Saint Augustin, l’évêque au cœur qui flamboyait

 
Philippe de Champaigne, Saint Augustin, v.1645-50, huile sur toile, 94x77cm ©Los Angeles, County Museum of Art

Durant le Grand Siècle, le peintre et graveur Philippe de Champaigne (1602-1674), artiste de l’École française d’origine brabançonne, s’illustre par ses nombreux portraits classiques. Il met aussi souvent ses pinceaux au service de tableaux de dévotion qui abordent des sujets bibliques ou hagiographiques. Ainsi, son œuvre Saint Augustin, conservée à Los Angeles, témoigne de son sens de la composition, de sa maîtrise des coloris et de ses qualités d’invention. Il parvient à donner au saint une stature exceptionnelle : celle de l’Évêque d’Hippone doublée de celle du converti des Confessions dont le cœur s’est soudain enflammé dans le jardin de Milan.

Entrons dans le bureau d’étude d’Augustin d’Hippone (354-430). Le regard est immédiatement attiré par la figure du saint assis face à un manuscrit, saisi dans le mouvement de l’inspiration divine. Sa plume, tout juste sortie de son encrier, est suspendue dans sa main droite, le bout noirci comme si des gouttes d’encre allait tomber sur le sol.  Sa main gauche tient un cœur rouge enflammé qui semble battre, bien vivant. Les flammes qui l’entourent dansent dans la même direction en suivant une diagonale qui passe par sa tête auréolée jusqu’à un soleil rayonnant en haut à gauche de la toile. 

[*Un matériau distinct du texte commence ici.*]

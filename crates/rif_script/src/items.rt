//! Items as the lines of a script have them.
ghost use Rattle.std.specs.Prelude.{◌≡◌};
ghost use Rattle.rif_script.specs.ReadingItems.{asserted_from, fact_retracted, item_from, is_fact_sign};
ghost use Rattle.rif_script.specs.ReadingItems.{modified_from};
ghost use Rattle.rif_script.specs.ReadingItems.{modify_of, number_from, number_of, retracted_from, retracted_with};
ghost use Rattle.rif_script.specs.ReadingItems.{slot_behind, whole};
ghost use Rattle.rif_script.specs.SentLeaves.{Gives, seen};

use crate::constants::{const_behind, read_const};
use crate::facts::{fact_behind, read_fact};
use crate::line_fault::LineFault;
use crate::sent_tokens::SentTokens;
use prd_reader::{Leaf, TextPool};
use rif_values::{Change, Const, Fact};
use session_states::Item;

/// The item of a word and the tokens behind it.
#[tactic(auto, unfolding(crate::specs::ReadingItems::item_from))]
pub fn read_item(pool: &mut TextPool, word: &[u8], at: SentTokens<'_>) -> Result<Item, LineFault>
    ensures { Gives (λ item. item) result (item_from word.now (seen at.entry)) }
{
    if word == b"assert".as_slice() {
        Ok(Item::Change(read_asserted(pool, at)?))
    } else if word == b"retract".as_slice() {
        Ok(Item::Change(read_retracted(pool, at)?))
    } else if word == b"modify".as_slice() {
        Ok(Item::Change(read_modified(pool, at)?))
    } else if word == b"fire".as_slice() {
        Ok(Item::Fire(read_number(pool, at)?))
    } else if word == b"until".as_slice() {
        Ok(Item::Until(read_number(pool, at)?))
    } else if word == b"halt".as_slice() {
        read_nothing(at, Item::Halt)
    } else if word == b"dispose".as_slice() {
        read_nothing(at, Item::Dispose)
    } else {
        Err(LineFault::Bad)
    }
}

// The item, where no token is left.
fn read_nothing(at: SentTokens<'_>, item: Item) -> Result<Item, LineFault>
    ensures { Gives (λ given. given) result (whole (seen at.entry) item) }
{
    if at.is_empty() {
        Ok(item)
    } else {
        Err(LineFault::Bad)
    }
}

#[tactic(auto, unfolding(crate::specs::ReadingItems::asserted_from))]
fn read_asserted(pool: &mut TextPool, at: SentTokens<'_>) -> Result<Change, LineFault>
    ensures { Gives (λ change. change) result (asserted_from (seen at.entry)) }
{
    Ok(Change::Assert(read_fact(pool, at)?))
}

// A frame with one pair, as the slot's new value.
#[tactic(auto, unfolding(crate::specs::ReadingItems::modified_from))]
fn read_modified(pool: &mut TextPool, at: SentTokens<'_>) -> Result<Change, LineFault>
    ensures { Gives (λ change. change) result (modified_from (seen at.entry)) }
{
    modify_of(read_fact(pool, at)?)
}

fn modify_of(fact: Fact) -> Result<Change, LineFault>
    ensures { Gives (λ change. change) result (modify_of fact) }
{
    match fact {
        Fact::Frame(object, slot, value) => Ok(Change::Modify(object, slot, value)),
        Fact::Atom(_, _) | Fact::Member(_, _) => Err(LineFault::Bad),
    }
}

// A fact, an object and a slot, or an object.
#[tactic(auto, unfolding(crate::specs::ReadingItems::retracted_from))]
fn read_retracted(pool: &mut TextPool, at: SentTokens<'_>) -> Result<Change, LineFault>
    ensures { Gives (λ change. change) result (retracted_from (seen at.entry)) }
{
    let (object, rest) = read_const(pool, at)?;
    retracted_with(pool, object, rest)
}

fn retracted_with(
    pool: &mut TextPool,
    object: Const,
    at: SentTokens<'_>,
) -> Result<Change, LineFault>
    ensures { Gives (λ change. change) result (retracted_with object (seen at.entry)) }
{
    let Some((leaf, rest)) = at.first(pool)? else {
        return Ok(Change::RetractObject(object));
    };
    if is_fact_sign(&leaf) {
        retracted_fact(pool, object, &leaf, rest)
    } else {
        retracted_slot(pool, object, leaf, rest)
    }
}

fn retracted_fact(
    pool: &mut TextPool,
    object: Const,
    leaf: &Leaf,
    rest: SentTokens<'_>,
) -> Result<Change, LineFault>
    ensures { Gives (λ change. change) result (fact_retracted object (seen rest.entry) leaf.now) }
{
    Ok(Change::Retract(fact_behind(pool, object, leaf, rest)?))
}

fn retracted_slot(
    pool: &mut TextPool,
    object: Const,
    leaf: Leaf,
    rest: SentTokens<'_>,
) -> Result<Change, LineFault>
    ensures { Gives (λ change. change) result (slot_behind object (seen rest.entry) leaf) }
{
    let (slot, rest) = const_behind(pool, leaf, rest)?;
    if !rest.is_empty() {
        return Err(LineFault::Bad);
    }
    Ok(Change::RetractSlot(object, slot))
}

fn is_fact_sign(leaf: &Leaf) -> bool
    ensures { result ≡ is_fact_sign leaf.now }
{
    matches!(leaf, Leaf::Hash | Leaf::OpenSquare | Leaf::Open)
}

// An integer of at least 0, which all the tokens are.
#[tactic(auto, unfolding(crate::specs::ReadingItems::number_from))]
fn read_number(pool: &mut TextPool, at: SentTokens<'_>) -> Result<u64, LineFault>
    ensures { Gives (λ number. number) result (number_from (seen at.entry)) }
{
    let Some((leaf, rest)) = at.first(pool)? else {
        return Err(LineFault::Bad);
    };
    let number = number_of(&leaf)?;
    if !rest.is_empty() {
        return Err(LineFault::Bad);
    }
    Ok(number)
}

fn number_of(leaf: &Leaf) -> Result<u64, LineFault>
    ensures { Gives (λ number. number) result (number_of leaf.now) }
{
    match leaf {
        Leaf::Int(Some(number)) if *number >= 0 => Ok(*number as u64),
        _ => Err(LineFault::Bad),
    }
}
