//! The lines of items, as clients write them and as a run shows them.
ghost use Rattle.std.specs.Prelude.{◌≡◌, ◌++◌, OnOk, decimal};
ghost use Rattle.std.specs.List.{flat_map};
ghost use Rattle.rif_tree.specs.Rules.{name_of};
ghost use Rattle.rif_script.specs.Lines.{change_text, item_text, entry_text, entry_line};

use itoa::Buffer;
use rif_values::{Change, Const, OutOfMemory, Text, push_const, push_fact};
use session_states::{Entry, Item};

/// Appends one line for each entry: the word, the client's name and the item. After want of memory a part
/// of them may stand there. A client's name is found by its number.
///
/// Source: our own (docs/FORMATS.md, "The trace").
pub fn push_entry_lines(
    out: &mut Vec<u8>,
    word: &[u8],
    names: &[Text],
    entries: &[Entry],
) -> Result<(), OutOfMemory>
    ensures { OnOk result (out.new.items ≡ out.old.items ++ flat_map (entry_line word.now names.now) entries.now) }
{
    for entry in entries {
        out.extend_from_slice(word)?;
        out.push(b' ')?;
        push_entry(out, names, entry)?;
        out.push(b'\n')?;
    }
    Ok(())
}

fn push_entry(out: &mut Vec<u8>, names: &[Text], entry: &Entry) -> Result<(), OutOfMemory>
    ensures { OnOk result (out.new.items ≡ out.old.items ++ entry_text names.now entry.now) }
{
    push_name(out, names, entry.client)?;
    out.push(b' ')?;
    push_item(out, &entry.item)
}

/// Appends the name at a place, which is found in constant time, and nothing where there is none.
pub fn push_name(out: &mut Vec<u8>, names: &[Text], place: u32) -> Result<(), OutOfMemory>
    ensures { OnOk result (out.new.items ≡ out.old.items ++ name_of names.now place) }
{
    match names.get(place as usize) {
        Some(name) => Ok(out.extend_from_slice(name.bytes())?),
        None => Ok(()),
    }
}

fn push_item(out: &mut Vec<u8>, item: &Item) -> Result<(), OutOfMemory>
    ensures { OnOk result (out.new.items ≡ out.old.items ++ item_text item.now) }
{
    match item {
        Item::Change(change) => push_change(out, change)?,
        Item::Fire(budget) => {
            out.extend_from_slice(b"fire ")?;
            push_number(out, *budget)?;
        }
        Item::Until(budget) => {
            out.extend_from_slice(b"until ")?;
            push_number(out, *budget)?;
        }
        Item::Halt => out.extend_from_slice(b"halt")?,
        Item::Dispose => out.extend_from_slice(b"dispose")?,
    }
    Ok(())
}

fn push_change(out: &mut Vec<u8>, change: &Change) -> Result<(), OutOfMemory>
    ensures { OnOk result (out.new.items ≡ out.old.items ++ change_text change.now) }
{
    match change {
        Change::Assert(fact) => {
            out.extend_from_slice(b"assert ")?;
            push_fact(out, fact)
        }
        Change::Retract(fact) => {
            out.extend_from_slice(b"retract ")?;
            push_fact(out, fact)
        }
        Change::RetractSlot(object, slot) => {
            out.extend_from_slice(b"retract ")?;
            push_const(out, object)?;
            out.push(b' ')?;
            push_const(out, slot)
        }
        Change::RetractObject(object) => {
            out.extend_from_slice(b"retract ")?;
            push_const(out, object)
        }
        Change::Modify(object, slot, value) => push_modify(out, object, slot, value),
    }
}

fn push_modify(
    out: &mut Vec<u8>,
    object: &Const,
    slot: &Const,
    value: &Const,
) -> Result<(), OutOfMemory>
    ensures { OnOk result
        (out.new.items ≡ out.old.items ++ change_text (Change.Modify object.now slot.now value.now)) }
{
    out.extend_from_slice(b"modify ")?;
    push_const(out, object)?;
    out.push(b'[')?;
    push_const(out, slot)?;
    out.extend_from_slice(b"->")?;
    push_const(out, value)?;
    out.push(b']')?;
    Ok(())
}

/// Appends a number in decimal.
pub fn push_number(out: &mut Vec<u8>, number: u64) -> Result<(), OutOfMemory>
    ensures { OnOk result (out.new.items ≡ out.old.items ++ decimal number) }
{
    out.extend_from_slice(Buffer::new().format(number).as_bytes())?;
    Ok(())
}
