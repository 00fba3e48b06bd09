ghost use Rattle.std.specs.Prelude.{◌≤◌, IfErr, IfOk, length};
ghost use Rattle.rif_refusals.specs.Limits.{most_rules};
ghost use Rattle.rif_script.specs.JobClients.{HasItsClients};
ghost use Rattle.rif_script.specs.JobParts.{IsDocumentText, RefusesText};
ghost use Rattle.rif_script.specs.Jobs.{IsJob, IsJobOf, IsText, RefusesJob};

use crate::document_part::parts_of;
use crate::script::{Script, read_script};
use prd_reader::{Prefixes, read_parts};
use rif_lex::tokens;
use rif_refusals::limits::MOST_INPUT_BYTES;
use rif_refusals::{Fault, Refusal};
use rif_safe::safe_doc_of;
use rif_tree::Doc;
use rif_values::{Listed, Text};
use safe_rules::SafeDoc;
use session_states::Item;
use std::alloc::Global;

/// A job: a document of safe rules, the names of the clients in the order of their first lines, and the items of the
/// script in its order, each with its client's number, counted from 0.
///
/// Source: our own (docs/FORMATS.md, "Jobs").
#[derive(Debug, Drop)]
pub struct Job {
    pub doc: SafeDoc,
    pub names: Listed<Text>,
    pub items: Listed<(u32, Item)>,
}

/// The job that the bytes are, or the first refusal that stands: 1 and 2 of the whole input, 3 to 13 of its
/// document, 14, 15, 21 and 16 rule by rule, and then 17 to 20 of its script, each exactly at its place.
///
/// The cost is that of `read_doc_and_job`.
///
/// Source: our own (docs/FORMATS.md, "Jobs" and "Refusals").
pub fn read_job(alloc: Global, bytes: &[u8]) -> Result<Job, Fault>
    ensures read { IfOk result (IsJob bytes.now) }
    ensures clients { IfOk result HasItsClients }
    ensures refused { IfErr result (RefusesJob bytes.now) }
{
    let (_, job) = read_doc_and_job(alloc, bytes)?;
    Ok(job)
}

/// The same, with the job's document as it was read: its variables and conditions stand as in the text.
///
/// The cost is linear in the bytes, and in the IRIs that CURIEs stand for, and beside that what it costs to make the
/// rules safe. Beside the job, memory is taken for the tokens of the document and for the list of what they stand
/// for, which is about as large, for the document and its prefixes, for a pool of texts at a time, and for the tokens
/// of one line of the script.
///
/// Source: our own (docs/FORMATS.md, "Jobs" and "Refusals").
pub fn read_doc_and_job(alloc: Global, bytes: &[u8]) -> Result<(Doc, Job), Fault>
    ensures read { IfOk result (λ read. IsJobOf bytes.now read.0 read.1) }
    ensures clients { IfOk result (λ read. HasItsClients read.1) }
    ensures refused { IfErr result (RefusesJob bytes.now) }
{
    is_text(bytes)?;
    let parts = parts_of(bytes);
    let (doc, prefixes) = read_document(alloc, parts.document)?;
    let rules = safe_doc_of(alloc, &doc)?;
    let script = read_script(alloc, &prefixes, parts.script, parts.first_line)?;
    let Script { names, items, .. } = script;
    let job = Job {
        doc: rules,
        names,
        items,
    };
    Ok((doc, job))
}

// Whether the bytes aren't too many and are UTF-8, or the refusal that says which of the two they aren't.
#[tactic(auto, using(crate::proofs::JobLemmas::long_refused, crate::proofs::JobLemmas::broken_refused))]
fn is_text(bytes: &[u8]) -> Result<(), Fault>
    ensures text { IfOk result (λ done. IsText bytes.now) }
    ensures refused { IfErr result (RefusesJob bytes.now) }
{
    if bytes.len() > MOST_INPUT_BYTES {
        return Err(Fault::Refused(Refusal::InputTooLong));
    }
    if let Err(broken) = str::from_utf8(bytes) {
        let at = broken.valid_up_to() as u64;
        return Err(Fault::Refused(Refusal::NotUtf8 { at }));
    }
    Ok(())
}

// The document that a text is, with its prefixes.
fn read_document(alloc: Global, text: &[u8]) -> Result<(Doc, Prefixes), Fault>
    ensures read { IfOk result (λ parts. IsDocumentText text.now parts.0 parts.1) }
    ensures few { IfOk result (λ parts. length parts.0.rules ≤ most_rules) }
    ensures refused { IfErr result (RefusesText text.now) }
{
    let found = tokens(alloc, text)?;
    read_parts(alloc, &found, text)
}
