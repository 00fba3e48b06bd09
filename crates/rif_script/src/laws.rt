//! Laws of the definitions: functions without parameters, whose bodies are empty.
ghost use Rattle.rif_script.specs.CheckedText.{CheckedTextIsAJob};
ghost use Rattle.rif_script.specs.CuttingLaws.{CutEndsBatches, CutIsLawful, CutKeepsAll, CutLeavesBehindDispose};
ghost use Rattle.rif_script.specs.CuttingLaws.{EntriesFollowScripts};
ghost use Rattle.rif_script.specs.JobClients.{JobsHaveClients};
ghost use Rattle.rif_script.specs.Jobs.{OneOutcome};
ghost use Rattle.rif_script.specs.TraceLaws.{SameTextSameRun};

/// Law: the batches of a script joined, and then what is left, are all its entries in order.
pub fn cut_keeps_all()
    ensures { CutKeepsAll }
{}

/// Law: each batch of a script is lawful, none is empty, and none follows one that ends in a Dispose.
pub fn cut_is_lawful()
    ensures { CutIsLawful }
{}

/// Law: a control item ends its batch, and a batch before the last ends in one or is full.
pub fn cut_ends_batches()
    ensures { CutEndsBatches }
{}

/// Law: where entries are left, a Dispose ends those in the batches: nothing else leaves any.
pub fn cut_leaves_behind_dispose()
    ensures { CutLeavesBehindDispose }
{}

/// Law: a client's entries are its items in order, with the ranks 0, 1, 2 and so on.
pub fn entries_follow_scripts()
    ensures { EntriesFollowScripts }
{}

/// Law: two runs of a job that have the same text have the same batches, and so the same turns, and the
/// same entries left. Each turn is a function of the batches up to it, and the clients' entries follow
/// their scripts.
pub fn same_text_same_run()
    ensures { SameTextSameRun }
{}

/// Law: each job that an input is has clients' names that have the form of one and differ, and each of its
/// items is of one of these clients.
pub fn jobs_have_clients()
    ensures { JobsHaveClients }
{}

/// Law: an input is one job at most, of one document, has one refusal at most, and not both.
pub fn one_outcome()
    ensures { OneOutcome }
{}

/// Law: the canonical text of the document that was read of an input, as an input of its own, is a job of that
/// document with no clients and no items, and so has itself as its canonical text; or it is refused, where it is
/// longer than an input may be, or at a bracket in it that stands deeper than one may; and it is nothing else.
pub fn checked_text_is_a_job()
    ensures { CheckedTextIsAJob }
{}
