//! What a walk answers, whatever is tested.

ghost use Rattle.std.specs.Prelude.{◌≡◌, List, Bool, true, Result};
ghost use Rattle.std.specs.List.{AllByRecursion};
ghost use Rattle.level_walk.specs.Levels.{passes, Levels};
ghost use Rattle.level_walk.specs.Walk.{ComesTo, Ends};

/// What is tested: how a pair is made ready, when two ready pairs are the same, and where a ready pair leads.
pub trait Tested {
    ghost use Rattle.std.specs.Prelude.{◌≡◌, List, Bool, true, Result, Option};

    ghost Pair: { Type 0 };

    ghost Ready: { Type 0 };

    ghost Fault: { Type 0 };

    ghost settle: { Pair → Result Ready Fault };

    ghost same: { Ready → Ready → Bool };

    /// What holds of the pairs that are tested.
    ghost holds: { Pair → Type 0 };

    /// The pairs of the parts, in order, or none where a demand isn't met.
    ghost steps: { Ready → Result (Option (List Pair)) Fault };

    /// Only equal pairs are the same.
    ghost exact: { (a b : Ready) → same a b ≡ true → a ≡ b };
}

/// A walk that began at pairs of which this holds answers what a test answers that goes level by level there: that each
/// of them passes, or the first that doesn't, or the first fault.
pub fn answers_as_the_test<T: Tested>()
    ensures { (levels : Levels T.settle T.steps T.holds) (starts due : List T.Pair) (met : List T.Ready)
        (answer : Result Bool T.Fault) → AllByRecursion T.holds starts
        → ComesTo T.settle T.same T.steps starts due met → Ends T.settle T.same T.steps due answer
        → passes levels.test starts ≡ answer }
{}
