//! Tests of pairs that go level by level, and the walk that decides them: what is due is visited in order, and each
//! pair that is ready leads on once. The walk and what it decides stand here as definitions over whatever is tested,
//! with a law; the code that walks cites them.
#![tactic(auto)]

mod laws;

pub use laws::{Tested, answers_as_the_test};
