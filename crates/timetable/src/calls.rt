// Withdrawals and clock moves: rows that leave.
ghost use Rattle.rules.specs.Refusals.{withdraws, advances};
ghost use Rattle.timetable.specs.Marks.{SoonestLeft};
ghost use Rattle.timetable.specs.Timetables.{AskTimetable, WithdrawalIs, AdvancementIs, AskTakeOut, TakenOutIs, CallIs};

use crate::Timetable;
use rules::HORIZON;
use rules::answers::{Admission, Refusal};
use timeline::columns::keep_staying;
use timeline::leaving::Leaving;
use timeline::notes::{Note, cost_of_leaving};

impl Timetable {
    // Refusals 9 and 10: the job is not held, or one of its rows starts at or before the clock. Else its number as rows carry it, and where its first row
    // stands.
    fn withdrawal(&self, number: u64) -> Result<(u16, usize), Refusal>
        ensures { WithdrawalIs self.now number result }
    {
        let Ok(job) = u16::try_from(number) else {
            return Err(Refusal::NotHeld);
        };
        let Some(from) = self.place_of(job) else {
            return Err(Refusal::NotHeld);
        };
        if self.has_begun(job, from) {
            return Err(Refusal::Begun);
        }
        Ok((job, from))
    }

    // Refusals 11 and 12: a clock that goes back, or too far.
    fn advancement(&self, tick: u64) -> Result<(), Refusal>
        ensures { AdvancementIs self.now.clock tick result }
    {
        if tick < self.clock {
            return Err(Refusal::ClockBack);
        }
        if HORIZON < tick {
            return Err(Refusal::PastHorizon);
        }
        Ok(())
    }

    // The rows that leave are taken out, and their cost off the total.
    fn take_out(&mut self, leaving: &Leaving)
        requires { AskTakeOut self.old leaving.now }
        ensures { TakenOutIs self.old leaving.now.marks self.new }
    {
        self.total -= cost_of_leaving(&self.notes, leaving);
        self.line.keep_staying(leaving);
        keep_staying(&mut self.jobs, leaving, 0);
        keep_staying(&mut self.notes, leaving, Note::default());
    }

    // The soonest end of the jobs that are left when one with this last finish has gone: the one before, unless it was that.
    fn soonest_left(&self, last: u64) -> u64
        ensures { SoonestLeft self.now.notes self.now.line.count self.now.soonest last result }
    {
        if self.soonest < last {
            return self.soonest;
        }
        self.soonest_end()
    }

    // The rows of a job leave, unless it is not held or has begun. No row is added.
    pub fn withdraw(&mut self, number: u64) -> Result<Admission, Refusal>
        requires { AskTimetable self.old }
        ensures { CallIs (withdraws number) self.old self.new result }
    {
        let (job, from) = self.withdrawal(number)?;
        let last = self.notes[from].last;
        let leaving = self.rows_of(job, from);
        self.take_out(&leaving);
        self.soonest = self.soonest_left(last);
        Ok(Admission::default())
    }

    // The clock is set, and jobs that have ended leave. Before the soonest end none has, and no row is looked at. No row is added.
    pub fn advance(&mut self, tick: u64) -> Result<Admission, Refusal>
        requires { AskTimetable self.old }
        ensures { CallIs (advances tick) self.old self.new result }
    {
        self.advancement(tick)?;
        self.clock = tick;
        if tick < self.soonest {
            return Ok(Admission::default());
        }
        let leaving = self.rows_ended(tick);
        self.take_out(&leaving);
        self.soonest = self.soonest_end();
        Ok(Admission::default())
    }
}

Guidés par le regard vif et luisant du saint, nous lisons dans l’écriteau céleste le mot suivant : « VERITAS » : la Vérité ! La couleur éclatante de ce soleil ovale rappelle les tons chauds et dorés de sa chape. Celle-ci est richement brodée de figures évangéliques dont celles de saint Pierre et saint Paul de part et d’autre du fermail qui contient un portrait circulaire du Christ. L’évêque d’Hippone est déjà avancé en âge car il est montré ici portant une longue barbe grisonnante, le front barré de rides et son crâne apparaissant sous un début de calvitie.

Philippe de Champaigne introduit plusieurs éléments de sa propre époque dans la représentation du saint philosophe et des objets qui l’entourent. À droite, la table à entretoise qui lui sert de bureau est recouverte d’un tapis précieux, comme c’était souvent l’usage au XVIIsiècle dans les milieux aisés sinon lettrés. À gauche, se dresse un grand lutrin en bois sculpté sur lequel repose une Bible dont une page est cornée avec familiarité. Derrière la crosse et la mitre, les étagères remplies de livres à l’arrière-plan indiquent que nous sommes très probablement dans un cabinet d’étude. Saint Augustin est entouré de livres épais et de rouleaux de parchemins qui mettent en valeur sa stature d’intellectuel, non sans une certaine théâtralité à l’image des rideaux verts dont les plis creusent la perspective. Certains ouvrages font partie du décor, d’autres sont tout à fait symboliques comme ceux qui sont foulés à ses pieds et sur lesquels sont inscrits les noms de Caelestius(Célestius), Pelagius (Pélage) et Iulianus (Julien d’Éclane) dont il n’a cessé de réfuter les doctrines hérétiques après sa conversion foudroyante en 386.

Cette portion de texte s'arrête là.